Antonella e io firmiamo le copie del nostro libro sul pane carasau
Venerdì 11 marzo, alla biblioteca comunale di Santadi, grazie all’organizzazione de “Argo Nautilus”, verrà presentato il libro Il pane carasau. Storia e ricette di un’antica tradizione isolana, scritto a quattro mani da me e da Antonella Serrenti, e pubblicato dalla Graphe.it Edizioni. Se non conoscete Santadi, situato nel basso Sulcis al centro di una grande vallata, val la pena di visitarlo per diverse ragioni, una delle quali è la presenza di grotte meravigliose (le grotte di Is Zuddas), che potrete visitare accompagnati da una guida. Credetemi, si resta incantati dalle tante stalattiti, stalagmiti, nonché dai rari “fiori” di cristalli bianchissimi. E che dire delle tombe dei giganti, del tempio nuragico o di un evento suggestivo e unico che si tiene la prima settimana d’agosto e che attrae numerosi turisti, il Matrimonio Mauritano. Se siete curiosi, vi invito a leggere qualcosa in proposito:
Insomma, in questo piccolo e suggestivo comune sardo, il nostro libro ha trovato ospitalità e speriamo di poter non solo condividere le testimonianze in esso raccolte, ma anche di sentirne di nuove, grazie al pubblico che parteciperà all’evento.

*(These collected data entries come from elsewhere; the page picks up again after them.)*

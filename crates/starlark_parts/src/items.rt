//! The outline of all parts, item by item.

ghost use Rattle.std.specs.Prelude.{◌≡◌, ◌≤◌, length};
ghost use Rattle.std.specs.List.{All};
ghost use Rattle.starlark_parts.specs.Held.{IsAbove, all_feeds, outline_from};

use crate::part::Part;
use crate::word::OutlineItem;
use std::marker::Model;

/// The items of the outline of all parts that are left.
#[derive(Drop)]
pub struct Items<'a> {
    // those of a part that has begun
    items: &'a [OutlineItem],
    // the line feeds before it
    line: usize,
    // the parts behind it
    parts: &'a [Part],
    // the line feeds before them
    behind: usize,
}

impl<'a> Model for Items<'a> {
    ghost use Rattle.std.specs.Prelude.{List};
    ghost use Rattle.starlark_parts.specs.declared.word.OutlineItem.{OutlineItem};

    ghost Value = { List OutlineItem };

    ghost use Rattle.starlark_parts.specs.Left.{items_left, AreFew};

    ghost view = { items_left };

    ghost invariant = { AreFew };
}

impl<'a> Items<'a> {
    // all of these parts
    pub(crate) fn of(parts: &'a [Part]) -> Items<'a>
        requires above { All IsAbove parts.now }
        requires lines { all_feeds parts.now ≤ 4294967295 }
        ensures { result ≡ outline_from 0 parts.now }
    {
        Items {
            items: &[],
            line: 0,
            parts,
            behind: 0,
        }
    }

    /// How many are left.
    pub fn len(&self) -> u128
        ensures { result ≡ length self.now }
    {
        let mut count = self.items.len() as u128;
        let parts = self.parts;
        for part in parts {
            count += part.items().len() as u128;
        }
        count
    }
}

impl<'a> Iterator for Items<'a> {
    ghost use Rattle.std.specs.Iterator.{YieldsFirst, item_count};

    type Item = OutlineItem;

    ghost next_gives = { YieldsFirst (λ s. s) };

    ghost remaining = { item_count (λ s. s) };

    fn next(&mut self) -> Option<OutlineItem> {
        while self.items.is_empty() {
            let (part, parts) = self.parts.split_first()?;
            self.items = part.items();
            self.line = self.behind;
            self.parts = parts;
            self.behind += part.feeds();
        }
        let (first, items) = self.items.split_first()?;
        self.items = items;
        Some(first.below(self.line))
    }
}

Nell’attesa, vi lascio con un passo del piccolo saggio: si tratta del racconto di Lena, un’anziana signora che ci presenta la figura di una “Accabadora”…

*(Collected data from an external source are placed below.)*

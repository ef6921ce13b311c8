//! A list of parts, each of which is in the language alone.

ghost use Rattle.std.specs.Prelude.{◌≡◌, ◌<◌, ◌≤◌, [], IfOk, MatchOption, get_or, length, string_bytes};
ghost use Rattle.starlark_parts.specs.Edits.{Answers};
ghost use Rattle.starlark_parts.specs.Kept.{inserts, joined, moves, removes, replaces};
ghost use Rattle.starlark_parts.specs.Left.{statements_left};
ghost use Rattle.starlark_parts.specs.Outlines.{AreAllStatements, AreTops, IsOutline, ShowOutline};
ghost use Rattle.starlark_parts.specs.Spent.{Spends, nothing_read};

use crate::fault::PartFault;
use crate::items::Items;
use crate::laws::{joined_outline, joined_statements};
use crate::list;
use crate::part::{Part, read_outline, read_part};
use crate::statements::Statements;
use crate::word::OutlineItem;
use starlark_lexer::dialect::Dialect;
use starlark_parser::cost::Cost;
use std::alloc::{AllocError, Global};
use std::marker::Model;

/// Texts in a row, each of which is closed and in the language alone. Joined they have at most so many bytes as the limit
/// says. See docs/LANGUAGE.md, Parts.
#[derive(Drop)]
pub struct Parts {
    alloc: Global,
    dialect: Dialect,
    limit: u32,
    parts: Vec<Part>,
    // how many bytes the joined text has
    size: u64,
    // what the reading of the last edit took
    cost: Cost,
}

impl Model for Parts {
    ghost use Rattle.starlark_parts.specs.Kept.{Kept};

    ghost Value = { Kept };

    ghost use Rattle.starlark_parts.specs.Holding.{IsHeld, kept};

    ghost view = { kept };

    ghost invariant = { IsHeld };
}

impl Parts {
    /// An empty list, whose parts are read in that dialect. Joined they may have at most `u32::MAX` bytes. It takes no memory.
    pub fn new(alloc: Global, dialect: &Dialect) -> Parts
        ensures texts { result.texts ≡ [] }
        ensures limit { result.limit ≡ 4294967295 }
        ensures dialect { result.dialect ≡ dialect.now }
        ensures cost { result.cost ≡ nothing_read }
    {
        Parts::with_limit(alloc, dialect, u32::MAX)
    }

    /// The same where joined they may have at most `limit` bytes.
    pub fn with_limit(alloc: Global, dialect: &Dialect, limit: u32) -> Parts
        ensures texts { result.texts ≡ [] }
        ensures limit { result.limit ≡ limit }
        ensures dialect { result.dialect ≡ dialect.now }
        ensures cost { result.cost ≡ nothing_read }
    {
        Parts {
            alloc,
            dialect: *dialect,
            limit,
            parts: Vec::new(alloc),
            size: 0,
            cost: Cost::NONE,
        }
    }

    /// How many parts there are.
    pub fn len(&self) -> usize
        ensures { result ≡ length self.now.texts }
    {
        self.parts.len()
    }

    /// The text of the part at that index, if there is one.
    pub fn part(&self, index: usize) -> Option<&str>
        ensures { MatchOption result (length self.now.texts ≤ index) (λ text. (index < length self.now.texts) × (text.now ≡ get_or self.now.texts index [])) }
    {
        match self.parts.get(index) {
            Some(part) => Some(part.text()),
            None => None,
        }
    }

    /// Puts a part with these bytes before the one at that index, or behind the last where the index is `len`. The text
    /// is read alone. An edit that is refused leaves all parts as they were.
    pub fn insert(&mut self, index: usize, bytes: &[u8]) -> Result<(), PartFault>
        ensures edit { Answers self.old (inserts index bytes.now) result self.new.texts }
        ensures limit { self.new.limit ≡ self.old.limit }
        ensures dialect { self.new.dialect ≡ self.old.dialect }
        ensures cost { Spends self.old.dialect (inserts index bytes.now) result self.new.cost }
    {
        self.cost = Cost::NONE;
        if index > self.parts.len() {
            return Err(PartFault::Index);
        }
        let room = self.limit as u64 - self.size;
        let part = read_part(self.alloc, &self.dialect, bytes, room, &mut self.cost)?;
        list::put(&mut self.parts, index, part)?;
        self.size += bytes.len() as u64;
        Ok(())
    }

    /// Puts a part with these bytes in the place of the one at that index, which is below `len`. The text is read alone,
    /// before the other one goes. An edit that is refused leaves all parts as they were.
    pub fn replace(&mut self, index: usize, bytes: &[u8]) -> Result<(), PartFault>
        ensures edit { Answers self.old (replaces index bytes.now) result self.new.texts }
        ensures limit { self.new.limit ≡ self.old.limit }
        ensures dialect { self.new.dialect ≡ self.old.dialect }
        ensures cost { Spends self.old.dialect (replaces index bytes.now) result self.new.cost }
    {
        self.cost = Cost::NONE;
        if index >= self.parts.len() {
            return Err(PartFault::Index);
        }
        let others = self.size - self.parts[index].text().len() as u64;
        let room = self.limit as u64 - others;
        let part = read_part(self.alloc, &self.dialect, bytes, room, &mut self.cost)?;
        list::exchange(&mut self.parts, index, part);
        self.size = others + bytes.len() as u64;
        Ok(())
    }

    /// Leaves the part at that index out, which is below `len`. It takes no memory.
    pub fn remove(&mut self, index: usize) -> Result<(), PartFault>
        ensures edit { Answers self.old (removes index) result self.new.texts }
        ensures limit { self.new.limit ≡ self.old.limit }
        ensures dialect { self.new.dialect ≡ self.old.dialect }
        ensures cost { Spends self.old.dialect (removes index) result self.new.cost }
    {
        self.cost = Cost::NONE;
        if index >= self.parts.len() {
            return Err(PartFault::Index);
        }
        self.size -= self.parts[index].text().len() as u64;
        list::leave_out(&mut self.parts, index);
        Ok(())
    }

    /// Takes the part at one index out and puts it at another one of what is left. Both are below `len`. It takes no
    /// memory.
    pub fn move_part(&mut self, from: usize, to: usize) -> Result<(), PartFault>
        ensures edit { Answers self.old (moves from to) result self.new.texts }
        ensures limit { self.new.limit ≡ self.old.limit }
        ensures dialect { self.new.dialect ≡ self.old.dialect }
        ensures cost { Spends self.old.dialect (moves from to) result self.new.cost }
    {
        self.cost = Cost::NONE;
        if from >= self.parts.len() {
            return Err(PartFault::Index);
        }
        if to >= self.parts.len() {
            return Err(PartFault::Index);
        }
        list::move_entry(&mut self.parts, from, to);
        Ok(())
    }

    /// What the reading of the last edit took: nothing in a new list, behind `remove` and `move_part`, and behind an edit
    /// that was refused as `Index`, `Utf8` or `Long`. Where memory ran out it is no more than such a text takes.
    pub fn last_cost(&self) -> Cost
        ensures { result ≡ self.now.cost }
    {
        self.cost
    }

    /// The statements at the top of all parts, in order, with their beginnings in the joined text. They are those of each
    /// part's own tree, with the places of that tree; but for places they are those of the joined text's. No memory is
    /// taken, here and on the way.
    pub fn statements(&self) -> Statements<'_>
        ensures parts { AreAllStatements self.now.dialect 0 self.now.texts (statements_left result) }
        ensures joined { ShowOutline self.now.dialect (joined self.now.texts) (statements_left result) }
        ensures tops { AreTops self.now.dialect (joined self.now.texts) (statements_left result) }
    {
        joined_outline();
        joined_statements();
        Statements::of(self.parts.as_slice())
    }

    /// The outline of the joined text, item by item: what one gets who reads it from scratch. No memory is taken, here and
    /// on the way.
    pub fn items(&self) -> Items<'_>
        ensures { IsOutline self.now.dialect (joined self.now.texts) result }
    {
        joined_outline();
        Items::of(self.parts.as_slice())
    }

    /// The outline of the joined text. Want of memory is the only refusal.
    pub fn outline(&self) -> Result<Vec<OutlineItem>, AllocError>
        ensures { IfOk result (λ v. IsOutline self.now.dialect (joined self.now.texts) v.items) }
    {
        self.items().collect(self.alloc)
    }

    /// The outline of the joined text, by reading that text as one: what `outline` gives. Want of memory is the only
    /// refusal.
    pub fn from_scratch(&self) -> Result<Vec<OutlineItem>, AllocError>
        ensures { IfOk result (λ v. IsOutline self.now.dialect (joined self.now.texts) v.items) }
    {
        joined_outline();
        let text = self.text()?;
        read_outline(self.alloc, &self.dialect, text)
    }

    /// The joined text. Want of memory is the only refusal.
    pub fn text(&self) -> Result<String, AllocError>
        ensures { IfOk result (λ text. string_bytes text ≡ joined self.now.texts) }
    {
        let mut text = String::with_capacity(self.alloc, self.size as usize)?;
        for part in &self.parts {
            text.push_str(part.text())?;
        }
        Ok(text)
    }

    /// Lets all parts go, as a drop does. Where a crate calls this, it need not prove how (docs/USING.md).
    pub fn release(self) {}
}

“Durante quegli anni, la mia propensione a “ficcanasare” tra le cose dei grandi, mi diede modo di scoprire che esisteva al paese una strana figura: si trattava di una donna apparentemente come tutte le altre, una vedova proprietaria di un piccolo gregge di pecore, che filava la lana e partecipava attivamente alla vita sociale della comunità, ma che – quando necessario – era in grado di porre fine, pietosamente e con grande umanità, alle sofferenze dei più sfortunati, ovvero di coloro che per gravi malattie erano destinati ad una lunga e tremenda agonia. Ne compresi appieno il senso soltanto da adulta, elaborando il ricordo e traducendolo anche grazie alle parole di mia madre, ma ciò che ho impresso, come fosse una fotografia, è il corpo del mio zio pastore, dopo la visita della filatrice, adagiato dentro la bara tenuta aperta per l’ultimo saluto; vi era stato posto, di lato, un disco di pane carasau tagliato a metà, due mezze lune poggiate su un panno di lino bianco, perché le portasse con sé nell’ultima transumanza insieme ad una moneta nascosta nella tasca dei caltzones (pantaloni di orbace) necessaria a pagare il traghettatore delle anime. Per sua volontà, furono messe all’interno della cassa di legno, un paio di scarpe in più, le ricordo un po’ logore ma nessuno di noi ne possedeva due paia nuove! Le aveva chieste il giorno prima di morire, spiegando a sua moglie e a mio padre, che se al traghettatore la moneta non fosse stata sufficiente per pagare la traversata, lui avrebbe dovuto percorrere lunghissimi tratti a piedi.”
Ci vediamo a Santadi!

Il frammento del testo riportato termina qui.